● Excerpted data
○ ○ ○ ○ ○
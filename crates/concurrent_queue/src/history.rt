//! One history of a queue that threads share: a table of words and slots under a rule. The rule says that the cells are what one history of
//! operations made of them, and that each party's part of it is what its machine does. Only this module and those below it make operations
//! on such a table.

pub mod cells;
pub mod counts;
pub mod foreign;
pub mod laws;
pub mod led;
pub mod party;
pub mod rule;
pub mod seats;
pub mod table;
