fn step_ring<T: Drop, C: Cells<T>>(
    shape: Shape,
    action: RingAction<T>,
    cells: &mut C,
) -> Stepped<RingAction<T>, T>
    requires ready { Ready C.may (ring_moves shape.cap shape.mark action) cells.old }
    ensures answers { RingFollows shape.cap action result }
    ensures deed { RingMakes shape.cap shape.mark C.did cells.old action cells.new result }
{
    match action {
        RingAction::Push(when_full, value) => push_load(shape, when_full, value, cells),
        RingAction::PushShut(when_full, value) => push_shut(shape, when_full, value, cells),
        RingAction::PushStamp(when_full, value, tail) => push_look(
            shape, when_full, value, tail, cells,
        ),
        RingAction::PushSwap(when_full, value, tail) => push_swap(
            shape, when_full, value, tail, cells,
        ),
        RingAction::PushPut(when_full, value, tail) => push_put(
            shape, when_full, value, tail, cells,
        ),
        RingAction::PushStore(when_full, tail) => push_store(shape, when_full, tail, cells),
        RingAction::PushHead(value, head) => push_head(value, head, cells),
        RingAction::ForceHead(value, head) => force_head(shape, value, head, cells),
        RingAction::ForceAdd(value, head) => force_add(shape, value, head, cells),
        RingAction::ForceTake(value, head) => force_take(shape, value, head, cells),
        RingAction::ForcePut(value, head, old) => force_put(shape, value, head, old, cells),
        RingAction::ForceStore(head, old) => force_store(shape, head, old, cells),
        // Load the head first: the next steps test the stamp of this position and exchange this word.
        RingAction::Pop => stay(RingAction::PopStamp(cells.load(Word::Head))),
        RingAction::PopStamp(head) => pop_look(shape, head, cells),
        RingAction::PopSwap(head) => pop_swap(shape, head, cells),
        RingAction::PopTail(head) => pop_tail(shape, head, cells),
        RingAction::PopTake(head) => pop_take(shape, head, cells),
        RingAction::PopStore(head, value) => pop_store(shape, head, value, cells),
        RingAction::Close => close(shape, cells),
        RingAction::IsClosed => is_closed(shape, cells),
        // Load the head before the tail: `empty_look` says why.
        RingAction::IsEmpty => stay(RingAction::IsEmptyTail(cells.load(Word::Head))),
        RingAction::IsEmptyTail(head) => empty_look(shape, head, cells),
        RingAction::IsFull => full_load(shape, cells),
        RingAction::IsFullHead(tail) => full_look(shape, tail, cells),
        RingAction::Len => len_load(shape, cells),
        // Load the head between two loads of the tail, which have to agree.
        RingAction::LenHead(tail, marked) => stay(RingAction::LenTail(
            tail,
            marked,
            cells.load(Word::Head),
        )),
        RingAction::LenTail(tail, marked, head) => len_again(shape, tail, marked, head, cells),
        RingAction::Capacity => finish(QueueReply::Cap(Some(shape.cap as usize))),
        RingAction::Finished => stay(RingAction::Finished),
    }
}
○ ○ ○ ○ ○
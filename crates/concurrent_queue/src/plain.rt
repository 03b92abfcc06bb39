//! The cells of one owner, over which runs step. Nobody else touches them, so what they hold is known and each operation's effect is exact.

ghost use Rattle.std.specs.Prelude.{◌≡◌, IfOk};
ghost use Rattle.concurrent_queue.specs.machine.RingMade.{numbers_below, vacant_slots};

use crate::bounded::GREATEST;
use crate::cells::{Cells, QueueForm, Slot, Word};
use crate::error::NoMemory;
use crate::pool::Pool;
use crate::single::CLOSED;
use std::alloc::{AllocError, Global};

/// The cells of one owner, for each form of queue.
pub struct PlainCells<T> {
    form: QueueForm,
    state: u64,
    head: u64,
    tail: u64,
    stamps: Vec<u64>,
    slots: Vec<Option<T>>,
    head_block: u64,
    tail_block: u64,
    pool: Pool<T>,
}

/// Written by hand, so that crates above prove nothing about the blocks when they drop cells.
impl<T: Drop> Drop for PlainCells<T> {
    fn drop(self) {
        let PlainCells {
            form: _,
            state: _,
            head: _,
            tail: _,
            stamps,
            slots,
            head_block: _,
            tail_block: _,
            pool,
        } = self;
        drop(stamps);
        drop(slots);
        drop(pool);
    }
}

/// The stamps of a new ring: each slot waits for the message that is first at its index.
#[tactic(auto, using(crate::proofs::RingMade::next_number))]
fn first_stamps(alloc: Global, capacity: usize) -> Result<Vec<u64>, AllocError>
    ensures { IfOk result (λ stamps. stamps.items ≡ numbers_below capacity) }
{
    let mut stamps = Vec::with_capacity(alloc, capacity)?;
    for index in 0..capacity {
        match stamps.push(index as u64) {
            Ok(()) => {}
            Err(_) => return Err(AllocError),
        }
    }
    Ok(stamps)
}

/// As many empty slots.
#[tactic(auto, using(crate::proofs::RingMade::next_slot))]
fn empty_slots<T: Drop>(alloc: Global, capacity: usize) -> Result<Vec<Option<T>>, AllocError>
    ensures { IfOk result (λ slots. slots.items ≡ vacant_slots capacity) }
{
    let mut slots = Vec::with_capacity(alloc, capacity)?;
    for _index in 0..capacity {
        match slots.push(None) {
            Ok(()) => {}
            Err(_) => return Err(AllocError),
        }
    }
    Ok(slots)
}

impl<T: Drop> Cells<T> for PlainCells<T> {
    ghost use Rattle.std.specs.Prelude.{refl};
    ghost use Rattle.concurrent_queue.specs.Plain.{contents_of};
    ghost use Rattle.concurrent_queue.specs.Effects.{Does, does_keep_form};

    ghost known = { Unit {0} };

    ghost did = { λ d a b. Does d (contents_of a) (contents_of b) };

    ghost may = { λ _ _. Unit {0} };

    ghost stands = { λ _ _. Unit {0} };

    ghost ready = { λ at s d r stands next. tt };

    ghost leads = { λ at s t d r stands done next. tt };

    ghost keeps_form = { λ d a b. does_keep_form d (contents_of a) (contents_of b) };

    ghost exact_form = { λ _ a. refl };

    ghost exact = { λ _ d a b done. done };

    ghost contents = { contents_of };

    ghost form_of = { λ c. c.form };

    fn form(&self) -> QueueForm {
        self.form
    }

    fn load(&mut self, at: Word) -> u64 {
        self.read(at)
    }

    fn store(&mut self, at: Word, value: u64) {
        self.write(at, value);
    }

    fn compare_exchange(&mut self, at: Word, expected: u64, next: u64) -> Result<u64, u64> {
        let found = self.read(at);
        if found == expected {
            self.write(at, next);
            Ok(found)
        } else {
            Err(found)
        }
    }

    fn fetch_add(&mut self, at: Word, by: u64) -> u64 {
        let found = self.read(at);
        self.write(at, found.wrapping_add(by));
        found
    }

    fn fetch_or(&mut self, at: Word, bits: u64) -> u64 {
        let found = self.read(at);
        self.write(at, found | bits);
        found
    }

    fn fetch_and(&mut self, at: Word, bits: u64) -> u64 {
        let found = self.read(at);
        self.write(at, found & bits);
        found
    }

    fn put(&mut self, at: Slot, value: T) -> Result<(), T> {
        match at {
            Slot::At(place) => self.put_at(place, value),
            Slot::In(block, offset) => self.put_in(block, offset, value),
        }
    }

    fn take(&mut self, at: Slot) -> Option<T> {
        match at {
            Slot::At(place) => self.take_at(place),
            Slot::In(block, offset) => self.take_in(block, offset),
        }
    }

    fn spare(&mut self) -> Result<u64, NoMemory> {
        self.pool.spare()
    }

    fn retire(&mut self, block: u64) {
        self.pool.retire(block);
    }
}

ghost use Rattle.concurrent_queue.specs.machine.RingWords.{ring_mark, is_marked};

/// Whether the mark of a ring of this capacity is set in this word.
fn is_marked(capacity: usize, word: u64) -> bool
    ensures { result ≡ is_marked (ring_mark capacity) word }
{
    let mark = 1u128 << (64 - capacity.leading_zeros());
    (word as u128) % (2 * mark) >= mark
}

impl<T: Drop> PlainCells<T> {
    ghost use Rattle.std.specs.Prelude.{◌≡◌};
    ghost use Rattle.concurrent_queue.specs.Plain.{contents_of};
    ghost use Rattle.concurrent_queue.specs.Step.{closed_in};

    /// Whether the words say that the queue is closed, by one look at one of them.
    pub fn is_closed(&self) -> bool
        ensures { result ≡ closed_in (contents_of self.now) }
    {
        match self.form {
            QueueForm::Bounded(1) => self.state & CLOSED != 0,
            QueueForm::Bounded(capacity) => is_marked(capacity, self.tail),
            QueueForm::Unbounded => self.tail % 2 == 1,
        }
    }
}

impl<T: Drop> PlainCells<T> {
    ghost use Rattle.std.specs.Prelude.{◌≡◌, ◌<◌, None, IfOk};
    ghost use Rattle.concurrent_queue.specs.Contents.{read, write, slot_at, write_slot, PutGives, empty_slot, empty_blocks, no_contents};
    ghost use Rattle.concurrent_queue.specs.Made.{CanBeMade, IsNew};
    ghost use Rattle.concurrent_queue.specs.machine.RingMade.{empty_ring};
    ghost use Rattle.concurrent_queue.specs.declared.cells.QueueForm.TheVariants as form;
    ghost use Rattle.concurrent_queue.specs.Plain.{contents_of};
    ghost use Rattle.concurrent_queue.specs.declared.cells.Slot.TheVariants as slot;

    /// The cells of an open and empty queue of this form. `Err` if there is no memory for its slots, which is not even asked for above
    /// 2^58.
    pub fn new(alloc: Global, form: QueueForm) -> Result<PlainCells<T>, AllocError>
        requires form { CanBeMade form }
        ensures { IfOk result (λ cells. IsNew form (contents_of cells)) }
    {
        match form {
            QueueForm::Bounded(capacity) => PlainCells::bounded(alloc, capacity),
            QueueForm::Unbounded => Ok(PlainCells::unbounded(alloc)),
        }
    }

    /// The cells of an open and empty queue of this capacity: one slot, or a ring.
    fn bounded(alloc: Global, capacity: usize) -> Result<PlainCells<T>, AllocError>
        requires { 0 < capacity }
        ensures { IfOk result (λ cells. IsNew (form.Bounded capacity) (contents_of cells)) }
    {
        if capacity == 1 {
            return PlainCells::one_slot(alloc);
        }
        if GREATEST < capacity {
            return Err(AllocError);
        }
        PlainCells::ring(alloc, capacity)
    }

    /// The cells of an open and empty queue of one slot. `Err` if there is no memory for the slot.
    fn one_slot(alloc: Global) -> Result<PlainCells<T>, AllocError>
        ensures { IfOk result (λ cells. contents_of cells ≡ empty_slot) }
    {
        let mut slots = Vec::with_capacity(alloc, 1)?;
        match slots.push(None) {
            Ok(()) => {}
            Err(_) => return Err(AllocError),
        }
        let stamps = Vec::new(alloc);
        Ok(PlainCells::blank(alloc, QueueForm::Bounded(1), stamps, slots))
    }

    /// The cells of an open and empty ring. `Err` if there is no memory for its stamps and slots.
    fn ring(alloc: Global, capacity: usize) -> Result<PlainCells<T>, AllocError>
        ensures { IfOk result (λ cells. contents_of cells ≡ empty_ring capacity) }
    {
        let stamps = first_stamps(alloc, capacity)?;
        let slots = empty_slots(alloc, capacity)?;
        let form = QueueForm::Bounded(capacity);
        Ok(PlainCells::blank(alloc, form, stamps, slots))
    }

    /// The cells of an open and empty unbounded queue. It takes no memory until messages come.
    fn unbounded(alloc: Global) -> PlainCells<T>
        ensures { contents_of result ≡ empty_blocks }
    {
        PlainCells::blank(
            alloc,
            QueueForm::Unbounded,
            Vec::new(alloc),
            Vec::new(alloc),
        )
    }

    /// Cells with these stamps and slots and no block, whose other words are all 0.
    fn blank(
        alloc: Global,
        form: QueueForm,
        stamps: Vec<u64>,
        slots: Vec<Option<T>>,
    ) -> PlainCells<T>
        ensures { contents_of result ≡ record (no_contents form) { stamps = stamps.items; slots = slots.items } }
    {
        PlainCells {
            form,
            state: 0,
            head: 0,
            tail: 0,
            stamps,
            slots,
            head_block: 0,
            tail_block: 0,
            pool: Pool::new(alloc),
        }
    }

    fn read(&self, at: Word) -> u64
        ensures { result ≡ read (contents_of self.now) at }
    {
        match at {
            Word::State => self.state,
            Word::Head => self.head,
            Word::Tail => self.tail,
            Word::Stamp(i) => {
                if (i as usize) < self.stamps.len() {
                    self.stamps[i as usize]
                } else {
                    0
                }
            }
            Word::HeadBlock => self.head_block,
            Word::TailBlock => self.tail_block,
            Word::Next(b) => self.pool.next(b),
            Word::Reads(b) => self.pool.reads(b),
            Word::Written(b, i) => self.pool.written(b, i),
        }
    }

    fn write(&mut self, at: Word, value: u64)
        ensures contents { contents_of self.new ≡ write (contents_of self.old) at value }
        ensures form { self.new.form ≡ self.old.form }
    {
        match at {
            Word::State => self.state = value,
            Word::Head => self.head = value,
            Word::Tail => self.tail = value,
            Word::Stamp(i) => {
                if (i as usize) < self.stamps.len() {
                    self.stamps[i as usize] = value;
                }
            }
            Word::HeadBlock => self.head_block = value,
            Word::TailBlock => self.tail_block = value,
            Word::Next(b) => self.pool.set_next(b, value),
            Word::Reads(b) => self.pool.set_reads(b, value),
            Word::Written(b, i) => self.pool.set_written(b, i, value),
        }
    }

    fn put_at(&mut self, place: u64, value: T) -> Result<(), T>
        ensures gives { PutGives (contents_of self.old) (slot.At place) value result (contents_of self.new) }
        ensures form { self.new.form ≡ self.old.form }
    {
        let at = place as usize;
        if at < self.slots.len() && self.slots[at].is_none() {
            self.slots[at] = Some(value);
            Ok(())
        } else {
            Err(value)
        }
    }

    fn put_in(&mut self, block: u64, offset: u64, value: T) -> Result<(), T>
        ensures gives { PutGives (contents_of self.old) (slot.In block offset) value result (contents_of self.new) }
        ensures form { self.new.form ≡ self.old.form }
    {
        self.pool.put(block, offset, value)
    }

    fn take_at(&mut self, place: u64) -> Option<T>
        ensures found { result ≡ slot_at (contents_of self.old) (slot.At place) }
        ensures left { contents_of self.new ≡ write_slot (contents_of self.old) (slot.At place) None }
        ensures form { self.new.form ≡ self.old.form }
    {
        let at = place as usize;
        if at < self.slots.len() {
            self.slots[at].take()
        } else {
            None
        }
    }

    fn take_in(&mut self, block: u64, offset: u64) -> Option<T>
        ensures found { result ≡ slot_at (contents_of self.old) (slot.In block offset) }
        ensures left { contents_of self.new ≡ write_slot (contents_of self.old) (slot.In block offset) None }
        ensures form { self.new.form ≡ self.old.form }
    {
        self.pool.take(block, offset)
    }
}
○ ○ ○ ○ ○
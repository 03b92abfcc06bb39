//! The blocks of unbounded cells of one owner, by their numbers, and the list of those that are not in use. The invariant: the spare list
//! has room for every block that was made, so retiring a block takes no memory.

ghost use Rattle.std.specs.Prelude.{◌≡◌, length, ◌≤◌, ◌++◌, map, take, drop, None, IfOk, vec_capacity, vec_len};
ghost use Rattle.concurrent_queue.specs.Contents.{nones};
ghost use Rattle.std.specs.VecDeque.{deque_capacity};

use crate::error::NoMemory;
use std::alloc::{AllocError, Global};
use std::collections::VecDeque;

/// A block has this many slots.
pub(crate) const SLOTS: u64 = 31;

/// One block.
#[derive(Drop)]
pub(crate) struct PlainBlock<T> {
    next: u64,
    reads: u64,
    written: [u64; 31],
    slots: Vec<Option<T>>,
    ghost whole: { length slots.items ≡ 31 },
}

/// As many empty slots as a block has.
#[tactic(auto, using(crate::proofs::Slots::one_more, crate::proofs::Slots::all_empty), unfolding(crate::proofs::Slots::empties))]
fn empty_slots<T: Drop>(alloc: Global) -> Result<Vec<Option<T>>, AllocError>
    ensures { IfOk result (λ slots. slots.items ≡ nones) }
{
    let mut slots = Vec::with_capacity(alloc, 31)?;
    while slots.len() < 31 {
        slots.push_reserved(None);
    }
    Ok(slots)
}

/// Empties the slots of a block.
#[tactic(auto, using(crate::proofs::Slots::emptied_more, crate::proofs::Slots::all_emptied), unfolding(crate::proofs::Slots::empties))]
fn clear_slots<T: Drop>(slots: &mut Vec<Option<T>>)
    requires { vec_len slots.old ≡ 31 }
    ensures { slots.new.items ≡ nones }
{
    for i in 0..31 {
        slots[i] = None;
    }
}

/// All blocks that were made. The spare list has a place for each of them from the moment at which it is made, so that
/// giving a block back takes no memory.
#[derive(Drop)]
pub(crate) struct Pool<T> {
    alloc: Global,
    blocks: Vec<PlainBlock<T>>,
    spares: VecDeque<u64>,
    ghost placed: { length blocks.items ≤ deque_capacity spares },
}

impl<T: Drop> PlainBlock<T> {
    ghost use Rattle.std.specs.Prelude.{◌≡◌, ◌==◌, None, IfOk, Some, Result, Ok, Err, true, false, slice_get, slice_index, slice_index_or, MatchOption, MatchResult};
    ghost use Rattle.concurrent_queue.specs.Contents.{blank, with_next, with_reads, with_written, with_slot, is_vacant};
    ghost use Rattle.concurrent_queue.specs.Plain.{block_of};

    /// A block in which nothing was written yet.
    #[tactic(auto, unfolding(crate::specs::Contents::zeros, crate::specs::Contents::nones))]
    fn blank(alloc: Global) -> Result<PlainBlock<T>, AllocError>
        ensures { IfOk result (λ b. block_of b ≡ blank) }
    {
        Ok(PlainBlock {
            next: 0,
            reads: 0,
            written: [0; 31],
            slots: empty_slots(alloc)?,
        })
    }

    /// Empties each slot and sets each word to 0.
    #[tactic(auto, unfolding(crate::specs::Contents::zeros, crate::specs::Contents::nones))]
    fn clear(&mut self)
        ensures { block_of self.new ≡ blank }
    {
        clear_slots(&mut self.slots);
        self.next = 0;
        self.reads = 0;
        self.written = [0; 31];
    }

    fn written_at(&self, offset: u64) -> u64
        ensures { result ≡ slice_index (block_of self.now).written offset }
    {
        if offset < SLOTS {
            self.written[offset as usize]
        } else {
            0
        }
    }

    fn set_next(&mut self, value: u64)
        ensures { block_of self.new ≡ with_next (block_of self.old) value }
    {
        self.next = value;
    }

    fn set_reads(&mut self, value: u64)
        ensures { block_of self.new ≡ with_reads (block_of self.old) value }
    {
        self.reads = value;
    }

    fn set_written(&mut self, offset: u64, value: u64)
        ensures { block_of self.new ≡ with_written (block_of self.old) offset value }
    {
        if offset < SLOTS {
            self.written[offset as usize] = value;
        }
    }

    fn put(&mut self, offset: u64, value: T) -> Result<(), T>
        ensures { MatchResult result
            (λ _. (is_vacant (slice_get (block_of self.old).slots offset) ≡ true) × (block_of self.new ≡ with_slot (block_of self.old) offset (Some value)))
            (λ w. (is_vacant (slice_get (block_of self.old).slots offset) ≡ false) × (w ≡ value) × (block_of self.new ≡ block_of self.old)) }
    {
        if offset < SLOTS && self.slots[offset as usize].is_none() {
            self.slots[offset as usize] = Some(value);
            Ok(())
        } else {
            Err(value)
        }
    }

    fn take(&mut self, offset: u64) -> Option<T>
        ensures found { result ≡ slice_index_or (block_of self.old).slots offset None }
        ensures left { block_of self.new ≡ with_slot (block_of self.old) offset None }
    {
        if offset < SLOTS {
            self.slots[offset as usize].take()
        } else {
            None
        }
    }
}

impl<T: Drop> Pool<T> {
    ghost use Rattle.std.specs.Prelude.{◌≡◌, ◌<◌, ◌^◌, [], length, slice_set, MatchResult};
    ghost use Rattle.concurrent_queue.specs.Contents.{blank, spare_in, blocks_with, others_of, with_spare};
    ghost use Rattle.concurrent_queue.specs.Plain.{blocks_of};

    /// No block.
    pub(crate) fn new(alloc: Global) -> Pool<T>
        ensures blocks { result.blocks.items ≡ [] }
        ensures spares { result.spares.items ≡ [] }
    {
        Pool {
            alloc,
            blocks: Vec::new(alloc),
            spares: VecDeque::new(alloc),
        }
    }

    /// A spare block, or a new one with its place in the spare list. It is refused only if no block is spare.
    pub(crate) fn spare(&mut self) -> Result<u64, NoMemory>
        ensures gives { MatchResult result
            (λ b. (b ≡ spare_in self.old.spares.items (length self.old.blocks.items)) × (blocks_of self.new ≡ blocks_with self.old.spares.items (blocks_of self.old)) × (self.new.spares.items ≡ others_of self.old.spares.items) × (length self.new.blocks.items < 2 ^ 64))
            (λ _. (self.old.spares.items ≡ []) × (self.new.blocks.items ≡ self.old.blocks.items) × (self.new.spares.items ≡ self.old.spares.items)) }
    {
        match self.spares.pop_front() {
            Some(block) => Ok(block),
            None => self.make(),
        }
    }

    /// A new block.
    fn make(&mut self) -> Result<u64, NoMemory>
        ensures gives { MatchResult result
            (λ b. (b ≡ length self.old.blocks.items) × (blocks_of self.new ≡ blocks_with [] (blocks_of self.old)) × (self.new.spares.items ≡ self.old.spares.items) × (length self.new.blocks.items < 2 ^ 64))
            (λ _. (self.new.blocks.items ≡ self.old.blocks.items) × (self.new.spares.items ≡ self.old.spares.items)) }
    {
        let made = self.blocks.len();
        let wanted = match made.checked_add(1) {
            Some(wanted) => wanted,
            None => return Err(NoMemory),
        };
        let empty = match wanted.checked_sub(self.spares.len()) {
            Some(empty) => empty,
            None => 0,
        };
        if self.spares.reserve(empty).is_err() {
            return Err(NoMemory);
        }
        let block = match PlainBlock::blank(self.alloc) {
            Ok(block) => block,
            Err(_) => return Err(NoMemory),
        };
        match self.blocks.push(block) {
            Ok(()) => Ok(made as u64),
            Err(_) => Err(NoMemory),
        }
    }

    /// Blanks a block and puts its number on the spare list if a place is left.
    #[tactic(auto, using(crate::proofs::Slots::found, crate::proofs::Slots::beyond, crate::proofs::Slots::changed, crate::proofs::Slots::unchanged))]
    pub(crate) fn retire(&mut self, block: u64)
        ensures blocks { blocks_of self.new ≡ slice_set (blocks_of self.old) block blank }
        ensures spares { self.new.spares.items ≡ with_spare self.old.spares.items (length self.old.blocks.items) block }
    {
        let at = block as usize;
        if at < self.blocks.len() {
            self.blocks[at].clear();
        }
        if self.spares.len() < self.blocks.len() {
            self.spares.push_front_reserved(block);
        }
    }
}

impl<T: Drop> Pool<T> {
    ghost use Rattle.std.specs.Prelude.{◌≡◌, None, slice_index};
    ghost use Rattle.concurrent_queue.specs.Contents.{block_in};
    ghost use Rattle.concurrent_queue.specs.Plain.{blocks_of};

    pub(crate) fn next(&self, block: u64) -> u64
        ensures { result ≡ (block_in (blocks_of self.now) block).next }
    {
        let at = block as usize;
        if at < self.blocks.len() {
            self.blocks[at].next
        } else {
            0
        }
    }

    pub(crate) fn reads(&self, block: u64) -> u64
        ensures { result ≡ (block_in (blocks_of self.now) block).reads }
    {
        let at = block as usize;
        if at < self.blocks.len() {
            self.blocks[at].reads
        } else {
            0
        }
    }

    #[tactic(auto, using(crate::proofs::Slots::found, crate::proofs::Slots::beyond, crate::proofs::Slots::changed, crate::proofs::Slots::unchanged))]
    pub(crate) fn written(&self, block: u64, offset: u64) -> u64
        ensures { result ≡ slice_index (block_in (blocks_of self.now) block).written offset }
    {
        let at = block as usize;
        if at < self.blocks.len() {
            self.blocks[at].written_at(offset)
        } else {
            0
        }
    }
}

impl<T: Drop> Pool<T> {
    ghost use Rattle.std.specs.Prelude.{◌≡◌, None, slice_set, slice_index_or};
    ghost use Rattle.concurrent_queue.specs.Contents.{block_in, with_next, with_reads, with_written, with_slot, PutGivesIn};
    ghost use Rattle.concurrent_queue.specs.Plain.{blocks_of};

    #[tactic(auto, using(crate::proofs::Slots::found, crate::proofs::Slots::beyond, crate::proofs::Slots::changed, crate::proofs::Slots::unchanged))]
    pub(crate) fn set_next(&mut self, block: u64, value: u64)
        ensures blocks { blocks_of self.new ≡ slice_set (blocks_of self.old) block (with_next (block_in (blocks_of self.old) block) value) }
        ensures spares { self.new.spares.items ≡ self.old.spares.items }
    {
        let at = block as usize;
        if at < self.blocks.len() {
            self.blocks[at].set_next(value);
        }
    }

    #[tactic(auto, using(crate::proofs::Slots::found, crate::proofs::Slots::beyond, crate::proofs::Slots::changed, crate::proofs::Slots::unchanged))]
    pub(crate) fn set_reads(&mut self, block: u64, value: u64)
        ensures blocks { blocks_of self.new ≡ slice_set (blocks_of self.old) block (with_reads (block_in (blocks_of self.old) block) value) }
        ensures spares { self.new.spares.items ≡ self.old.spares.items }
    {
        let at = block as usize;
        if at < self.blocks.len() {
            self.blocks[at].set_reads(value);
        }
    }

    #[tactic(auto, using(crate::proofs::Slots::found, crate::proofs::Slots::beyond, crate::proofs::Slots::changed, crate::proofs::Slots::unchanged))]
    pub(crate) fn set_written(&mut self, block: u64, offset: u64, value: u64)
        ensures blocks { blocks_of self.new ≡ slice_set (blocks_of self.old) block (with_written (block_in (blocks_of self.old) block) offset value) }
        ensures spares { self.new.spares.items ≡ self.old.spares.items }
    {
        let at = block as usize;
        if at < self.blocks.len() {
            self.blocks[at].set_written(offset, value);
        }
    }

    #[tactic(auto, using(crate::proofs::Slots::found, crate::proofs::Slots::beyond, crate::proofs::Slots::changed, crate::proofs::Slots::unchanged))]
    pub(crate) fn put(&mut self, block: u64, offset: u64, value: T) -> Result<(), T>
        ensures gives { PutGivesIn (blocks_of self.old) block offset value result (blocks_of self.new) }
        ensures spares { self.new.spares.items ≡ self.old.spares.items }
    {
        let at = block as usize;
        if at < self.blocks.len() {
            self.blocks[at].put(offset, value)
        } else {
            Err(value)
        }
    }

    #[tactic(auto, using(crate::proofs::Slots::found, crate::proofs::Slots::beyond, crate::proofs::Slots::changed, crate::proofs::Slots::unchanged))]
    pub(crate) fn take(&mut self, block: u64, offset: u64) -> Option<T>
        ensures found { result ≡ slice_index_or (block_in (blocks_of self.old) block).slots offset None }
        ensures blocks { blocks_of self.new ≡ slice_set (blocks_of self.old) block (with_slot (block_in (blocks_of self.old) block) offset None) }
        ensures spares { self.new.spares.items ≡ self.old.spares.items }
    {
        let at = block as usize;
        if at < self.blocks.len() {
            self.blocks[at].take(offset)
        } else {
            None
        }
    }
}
○ ○ ○ ○ ○
● Problem statement
In the listing above, find the line with "filename crates/concurrent_queue/src/history.rt" and the line with "RingAction::ForceAdd(value, head) =>", then print exactly those lines and every line between them.

● Answer space
filename crates/concurrent_queue/src/history.rt
//! One history of a queue that threads share: a table of words and slots under a rule. The rule says that the cells are what one history of
//! operations made of them, and that each party's part of it is what its machine does. Only this module and those below it make operations
//! on such a table.

pub mod cells;
pub mod counts;
pub mod foreign;
pub mod laws;
pub mod led;
pub mod party;
pub mod rule;
pub mod seats;
pub mod table;
fn step_ring<T: Drop, C: Cells<T>>(
    shape: Shape,
    action: RingAction<T>,
    cells: &mut C,
) -> Stepped<RingAction<T>, T>
    requires ready { Ready C.may (ring_moves shape.cap shape.mark action) cells.old }
    ensures answers { RingFollows shape.cap action result }
    ensures deed { RingMakes shape.cap shape.mark C.did cells.old action cells.new result }
{
    match action {
        RingAction::Push(when_full, value) => push_load(shape, when_full, value, cells),
        RingAction::PushShut(when_full, value) => push_shut(shape, when_full, value, cells),
        RingAction::PushStamp(when_full, value, tail) => push_look(
            shape, when_full, value, tail, cells,
        ),
        RingAction::PushSwap(when_full, value, tail) => push_swap(
            shape, when_full, value, tail, cells,
        ),
        RingAction::PushPut(when_full, value, tail) => push_put(
            shape, when_full, value, tail, cells,
        ),
        RingAction::PushStore(when_full, tail) => push_store(shape, when_full, tail, cells),
        RingAction::PushHead(value, head) => push_head(value, head, cells),
        RingAction::ForceHead(value, head) => force_head(shape, value, head, cells),
        RingAction::ForceAdd(value, head) => force_add(shape, value, head, cells),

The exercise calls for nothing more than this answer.